Using 4 RD Points (R1 and PSNR1 are the reference RD Points of the Video1 while R2 and PSNR2 are the new tests with different video settings of Video2) the script works fine ie
from bjontegaard_metric import *
R1 = np.array([686.76, 309.58, 157.11, 85.95])
PSNR1 = np.array([40.28, 37.18, 34.24, 31.42])
R2 = np.array([893.34, 407.8, 204.93, 112.75])
PSNR2 = np.array([40.39, 37.21, 34.17, 31.24])
print 'BD-PSNR: ', BD_PSNR(R1, PSNR1, R2, PSNR2)
print 'BD-RATE: ', BD_RATE(R1, PSNR1, R2, PSNR2)
But with just 1 RD Point ie
from bjontegaard_metric import *
R1 = np.array([686.76])
PSNR1 = np.array([40.28])
R2 = np.array([893.34])
PSNR2 = np.array([40.39])
print 'BD-PSNR: ', BD_PSNR(R1, PSNR1, R2, PSNR2)
print 'BD-RATE: ', BD_RATE(R1, PSNR1, R2, PSNR2)
I get a warning: RankWarning: Polyfit may be poorly conditioned. Each video encoder run, returns just one pair of PSNR and Bitrate as a result. So I want to compare two pairs of PSNR/BitRate (Reference video & modified video). Is there any way to fix this warning?
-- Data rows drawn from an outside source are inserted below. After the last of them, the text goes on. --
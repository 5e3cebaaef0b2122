// Whether some walk within a sheet's limit meets an item, by the least lengths from the source and to the target, or several goals at once. What a sheet
// asks of the length layer is said here alone.
#![tactic(auto)]

ghost use Rattle.std.specs.Prelude.{◌≡◌, [], ◌∷◌, ◌+◌, ◌≤◌, ◌<◌, length};
ghost use Rattle.std.proofs.Props.{props};
ghost use Rattle.walks.specs.Flat.{graph_of};
ghost use Rattle.walks.specs.Graph.{closed_in, least as least_of, fits};
ghost use Rattle.rows.specs.Held.{at_most};
ghost use Rattle.rows.specs.Net.{graph, closed};
ghost use Rattle.goals.specs.Told.{as_least};
ghost use Rattle.goal_table.specs.Table.{GoalsFit, Rowed};
ghost use Rattle.pass_rules.specs.Verdict.{fits_sheet};
ghost use Rattle.sheet.specs.Sheet.{sheet_of};
ghost use Rattle.item_fits.specs.Rows.{Rows};
ghost use Rattle.item_fits.specs.Asked.{QueryOf};

use lengths::Query;
use rows::ROW_LENGTH;
use rows::cap::Cap;
use rows::net::Net;
use sheet::Header;
use sheet_required::whole::Sheet;

// The numbers of the two rows by which a sheet is judged.
pub const TWO_ROWS: usize = 2 * ROW_LENGTH;

// What a header asks of a walk in a graph of `nodes` nodes: from `from` to `to`, of length at most `cap`. The cap may be any number.
#[derive(Clone, Copy, Debug, PartialEq, Eq)]
pub struct Asked {
    pub nodes: usize,
    pub from: usize,
    pub to: usize,
    pub cap: u32,
}

// What a header asks of a walk: from its source to its target, within its limit.
pub fn query_of(header: Header) -> Asked
    ensures { QueryOf header result }
{
    Asked {
        nodes: header.nodes,
        from: header.source,
        to: header.target,
        cap: header.limit,
    }
}

// The same of a sheet, as the length layer takes it: a sheet's limit is a cap.
pub fn sheet_query(sheet: &Sheet) -> Query
    ensures { let h = sheet.now.header in result ≡ record { from = h.source; to = h.target; cap = h.limit } }
{
    let asked = query_of(sheet.header);
    Query {
        from: asked.from,
        to: asked.to,
        cap: Cap::new(asked.cap),
    }
}

// The two rows by which a sheet is judged: the least lengths from its source to each node, and from each node to its target.
#[derive(Clone, Copy, Debug, PartialEq, Eq)]
pub struct EndRows<'a> {
    pub sheet: Sheet<'a>,
    pub there: [u32; ROW_LENGTH],
    pub back: [u32; ROW_LENGTH],
    pub ghost filled: { Rows sheet.header sheet.arcs.now sheet.marks.now there back } by { Prim.hlevel props },
}

impl<'a> EndRows<'a> {
    // The rows of a sheet.
    pub fn of(sheet: &Sheet<'a>) -> EndRows<'a>
        ensures { result.sheet ≡ sheet.now }
    {
        let net = sheet.net();
        let query = sheet_query(sheet);
        let mut there = [0u32; ROW_LENGTH];
        let mut back = [0u32; ROW_LENGTH];
        row_fill::row_from(&net, query.from, &mut there, query.cap);
        row_fill::row_to(&net, query.to, &mut back, query.cap);
        EndRows {
            sheet: *sheet,
            there,
            back,
        }
    }

    // Whether any walk clear of the forbidden items keeps to the limit.
    pub fn fits_some(&self) -> bool
        ensures { let s = self.now.sheet in result ≡ fits_sheet (sheet_of s.header s.arcs.now s.marks.now) [] }
    {
        let header = self.sheet.header;
        self.there[header.target] <= header.limit
    }

    // The least length of a walk clear of the forbidden items that meets the item, where it is within the limit: to the item's entry, over it, and on from
    // its exit.
    fn least_through(&self, item: usize) -> Option<u32>
        requires { let h = self.now.sheet.header in item < h.nodes + h.arcs }
        ensures { let s = self.now.sheet in
            let h = s.header in
            as_least result ≡ at_most h.limit (least_of (graph_of h.nodes s.arcs.now) (closed_in s.marks.now) (item ∷ []) h.source h.target) }
    {
        let sheet = &self.sheet;
        let nodes = sheet.header.nodes;
        let cap = sheet_query(sheet).cap;
        let own = goals::own(&sheet.net(), item, cap.length())?;
        let past = goals::sum(self.there[goals::entry(nodes, sheet.arcs, item)], own, cap)?;
        goals::sum(past, self.back[goals::exit(nodes, sheet.arcs, item)], cap)
    }

    // Whether some walk within the limit, clear of the forbidden items, meets the item.
    pub fn fits_item(&self, item: usize) -> bool
        requires { let h = self.now.sheet.header in item < h.nodes + h.arcs }
        ensures { let s = self.now.sheet in result ≡ fits_sheet (sheet_of s.header s.arcs.now s.marks.now) (item ∷ []) }
    {
        self.least_through(item).is_some()
    }
}

// Whether some walk within the query's cap, clear of the items that the marks close, meets all goals. The rows for the goals are left in the scratch.
pub fn fits_goals(query: &Query, net: &Net, goals: &[u32], scratch: &mut [u32]) -> bool
    requires few_arcs { length net.now.arcs ≤ 512 }
    requires goals_and_scratch_fit { let q = query.now in
        GoalsFit net.now goals.now × (3072 ≤ length scratch.old) × (q.from < net.now.nodes) × (q.to < net.now.nodes) }
    ensures tells_whether_fits { let q = query.now in result ≡ fits (graph net.now) q.from q.to q.cap (closed net.now) goals.now }
    ensures rows_filled { Rowed net.now query.now.cap query.now.from goals.now scratch.new }
{
    lengths::least(query, net, goals, scratch).is_some()
}
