ghost use Rattle.std.specs.Prelude.{◌≡◌, length};
ghost use Rattle.varint.specs.Varint.{read_number};
ghost use Rattle.numbers.specs.Begun.{begun};

use crate::claim::Claim;

// A list of a slip: how many numbers it has, and the slip's bytes from the first of them on. As many as are said are there.
#[derive(Clone, Copy, Debug, PartialEq, Eq)]
pub struct NumberList<'a> {
    pub count: u32,
    pub bytes: &'a [u8],
    ghost counted: { length (begun read_number count bytes.now) ≡ count },
}

// A slip that is well written: its claim, told by its first number, its goals and its reasons.
#[derive(Clone, Copy, Debug, PartialEq, Eq)]
pub struct SlipForm<'a> {
    pub claim: Claim,
    pub goals: NumberList<'a>,
    pub reasons: NumberList<'a>,
}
The results I get using only 1 RD point are reliable?
import numpy as np
import scipy.interpolate
def BD_PSNR(R1, PSNR1, R2, PSNR2, piecewise=0):
lR1 = np.log(R1)
lR2 = np.log(R2)
PSNR1 = np.array(PSNR1)
PSNR2 = np.array(PSNR2)
p1 = np.polyfit(lR1, PSNR1, 3)
p2 = np.polyfit(lR2, PSNR2, 3)
# integration interval
min_int = max(min(lR1), min(lR2))
max_int = min(max(lR1), max(lR2))
# find integral
if piecewise == 0:
p_int1 = np.polyint(p1)
p_int2 = np.polyint(p2)
int1 = np.polyval(p_int1, max_int) - np.polyval(p_int1, min_int)
int2 = np.polyval(p_int2, max_int) - np.polyval(p_int2, min_int)
else:
# See https://chromium.googlesource.com/webm/contributor-guide/+/master/scripts/visual_metrics.py
lin = np.linspace(min_int, max_int, num=100, retstep=True)
interval = lin[1]
samples = lin[0]
v1 = scipy.interpolate.pchip_interpolate(np.sort(lR1), PSNR1[np.argsort(lR1)], samples)
v2 = scipy.interpolate.pchip_interpolate(np.sort(lR2), PSNR2[np.argsort(lR2)], samples)
# Calculate the integral using the trapezoid method on the samples.
int1 = np.trapz(v1, dx=interval)
int2 = np.trapz(v2, dx=interval)
# find avg diff
avg_diff = (int2-int1)/(max_int-min_int)
return avg_diff
def BD_RATE(R1, PSNR1, R2, PSNR2, piecewise=0):
lR1 = np.log(R1)
lR2 = np.log(R2)
# rate method
p1 = np.polyfit(PSNR1, lR1, 3)
p2 = np.polyfit(PSNR2, lR2, 3)
# integration interval
min_int = max(min(PSNR1), min(PSNR2))
max_int = min(max(PSNR1), max(PSNR2))
# find integral
if piecewise == 0:
p_int1 = np.polyint(p1)
p_int2 = np.polyint(p2)
int1 = np.polyval(p_int1, max_int) - np.polyval(p_int1, min_int)
int2 = np.polyval(p_int2, max_int) - np.polyval(p_int2, min_int)
else:
lin = np.linspace(min_int, max_int, num=100, retstep=True)
interval = lin[1]
samples = lin[0]
v1 = scipy.interpolate.pchip_interpolate(np.sort(PSNR1), lR1[np.argsort(PSNR1)], samples)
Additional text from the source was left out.